It's actually an Excel spreadsheet. So if you have Office for Mac, it should open just fine. The actual file is zipped, but the Mac should open it right up. If you don't have office for mac, it may come into numbers, if you have iwork. FWIW I have a mac too, and it opened up just fine.


----------



## vansinn (Nov 1, 2009)

As Andy said it, it's a Microsoft Excel spreadsheet.
If you don't have MS Office, try the gratis downloadable OpenOffice suite.
Disclaimer: I only briefly opened the spreadsheet in OO, but due to examn readings, didn't have time to actually try it out.

@Scarpie: Such calculators can tell you the tension on each string that you to specify to the application, in the tuning you wish to use.
The way I use this is starting with a set of strings I know how works/feels, do the calculations, and see how equal the calculated tensions per string come out.
I then compare these numbers to how I feel this set of strings behave under my finga tips.
Where a certain string doesn't feel right, playing-wise, I compare how much it differs from the other ones, and try calculating with other gauges until I seem to have a sufficiently unified tension scheme across the board.
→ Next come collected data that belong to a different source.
// Examinations over the queue of pending voxels: one that passes is removed, and wakes those around it; one that fails rests.
#![tactic(auto)]

ghost use Rattle.rules.specs.Marks.{marked};
ghost use Rattle.std.specs.Prelude.{◌*◌};
ghost use Rattle.queue.specs.Queue.{Queue};
ghost use Rattle.queue_waking.specs.QueueWaking.{Near};
ghost use Rattle.examining.specs.Examining.{Workable, Examinable, Examined, Run, Lending, Tallied};

use rules::Sides;

// Whether the voxel was removed, and where the front begins now.
#[derive(Clone, Copy)]
pub struct Step {
    pub removed: bool,
    pub head: usize,
}

// Examines voxel i, the first of the front. One gathering serves the test and the waking.
fn examine(
    s: Sides,
    dist: &[i32],
    marks: &[u8],
    status: &mut [u8],
    offsets: &mut [u8],
    tree: &mut [u64],
    front: &mut [u64],
    head: usize,
    near: &[usize; 27],
    i: usize,
) -> Step
    requires { Examinable s (marked marks.now) dist.now status.old offsets.old tree.old front.old head i
        × Near s.a (s.a * s.b) near.now }
    ensures { Examined s (marked marks.now) dist.now status.old status.new offsets.new
        tree.new front.new i result }
{
    let block = neighbourhood::gather(s, status, i);
    let passes = local_test::passes(block);
    let gone = passes & waking::may_go(dist, marks, i);
    let x = status[i];
    let rest = queue::leave(
        dist,
        marks,
        status,
        offsets,
        tree,
        front,
        head,
        i,
        status::left(gone, x),
    );
    if gone {
        let head = queue_waking::wake_around(
            s, dist, marks, status, offsets, tree, front, rest, near, i, block,
        );
        Step {
            removed: true,
            head,
        }
    } else {
        Step {
            removed: false,
            head: rest,
        }
    }
}

// How many voxels were examined, how many of them removed, the last of these, if any, and where the front begins.
#[derive(Clone, Copy)]
pub struct Count {
    pub examined: u32,
    pub removed: u32,
    pub last: Option<usize>,
    pub head: usize,
}

// Examines pending voxels, the farthest first, up to limit times.
fn run(
    s: Sides,
    dist: &[i32],
    marks: &[u8],
    status: &mut [u8],
    offsets: &mut [u8],
    tree: &mut [u64],
    front: &mut [u64],
    first: usize,
    near: &[usize; 27],
    limit: u32,
) -> Count
    requires { Queue (marked marks.now) dist.now status.old offsets.old tree.old front.old first × Workable s status.old
        × Near s.a (s.a * s.b) near.now }
    ensures { Run s (marked marks.now) dist.now limit status.old status.new offsets.new
        tree.new front.new result }
{
    let mut examined = 0;
    let mut removed = 0;
    let mut last = None;
    let mut head = first;
    for _ in 0..limit {
        head = refilling::filled(dist, marks, status, offsets, tree, front, head);
        let Some(i) = queue::first(dist, marks, status, offsets, tree, front, head) else {
            break;
        };
        let step = examine(s, dist, marks, status, offsets, tree, front, head, near, i);
        last = last_removal::later(last, step.removed, i);
        removed += u32::from(step.removed);
        head = step.head;
        examined += 1;
    }
    Count {
        examined,
        removed,
        last,
        head,
    }
}

// How many voxels were examined and removed, whether any is still pending, and the face of the last removal.
#[derive(Clone, Copy)]
pub struct Tally {
    pub examined: u32,
    pub removed: u32,
    pub pending: bool,
    pub face: u32,
}

// Examines up to limit times, over a queue that is made for it in the lent offsets, tree and front.
pub fn carve(
    s: Sides,
    dist: &[i32],
    marks: &[u8],
    status: &mut [u8],
    offsets: &mut [u8],
    tree: &mut [u64],
    front: &mut [u64],
    limit: u32,
) -> Tally
    requires { Lending s dist.now status.old offsets.old tree.old front.old }
    ensures { Tallied s (marked marks.now) dist.now limit status.old status.new result }
{
    let first = queue::build(dist, marks, status, offsets, tree, front);
    let near = queue_waking::offsets_near(s.a, s.a * s.b);
    let c = run(
        s, dist, marks, status, offsets, tree, front, first, &near, limit,
    );
    Tally {
        examined: c.examined,
        removed: c.removed,
        pending: queue::any_pending(dist, marks, status, offsets, tree, front, c.head),
        face: last_removal::last_face(s, status, c.last),
    }
}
Then go string shopping..

Example: On my main 25.5" 6'er tuned E-E, a 9½, 11½,16,24,34,44 set didn't feel equal at all. Both b and G were far too slinky compared to high E and D.
I ended up with 9½,12,17,24,34,46. Try calculating those, and see how much more equal tensioned the latter set is.


----------



## SevenString (Nov 1, 2009)

Another alternative for opening Excel files is Open Office.

OpenOffice.org - The Free and Open Productivity Suite

Runs on Windows, Mac, Linux, etc...


EDIT: vansinn beat me to it.


----------



## MF_Kitten (Nov 1, 2009)

oh, if it´s just an excel spreadsheet, then it´s no prob. i don´t really use excel, so when i saw the file type, i was like "uuuh... help?" 

i hate it when i browse stuff, find awesome programs, download them, and realize that it´s like an .exe file...


----------



## ra1der2 (Nov 5, 2009)

Nice job, I've been obsessing over string tension calculations for the past couple of months. This is very cool to have.

I never thought about string tension until I got into extended scale instruments, and after getting into it heavily, it is very frustrating to me that string manufacturers are so clueless.

The only thing I'd like to see added to your calc is a drop down list in the scale length, like the string gauges are setup.


----------



## Humanoid (Nov 5, 2009)

MF_Kitten said:


> and what about me, using a mac?



You can use my HumTension (Humanoid - Software) through Darwine  Or just wait for the Mac version. It's under development.


----------



## Stateless (Nov 5, 2009)

ra1der2 said:


> Nice job, I've been obsessing over string tension calculations for the past couple of months. This is very cool to have.
> 
> I never thought about string tension until I got into extended scale instruments, and after getting into it heavily, it is very frustrating to me that string manufacturers are so clueless.
> 
> The only thing I'd like to see added to your calc is a drop down list in the scale length, like the string gauges are setup.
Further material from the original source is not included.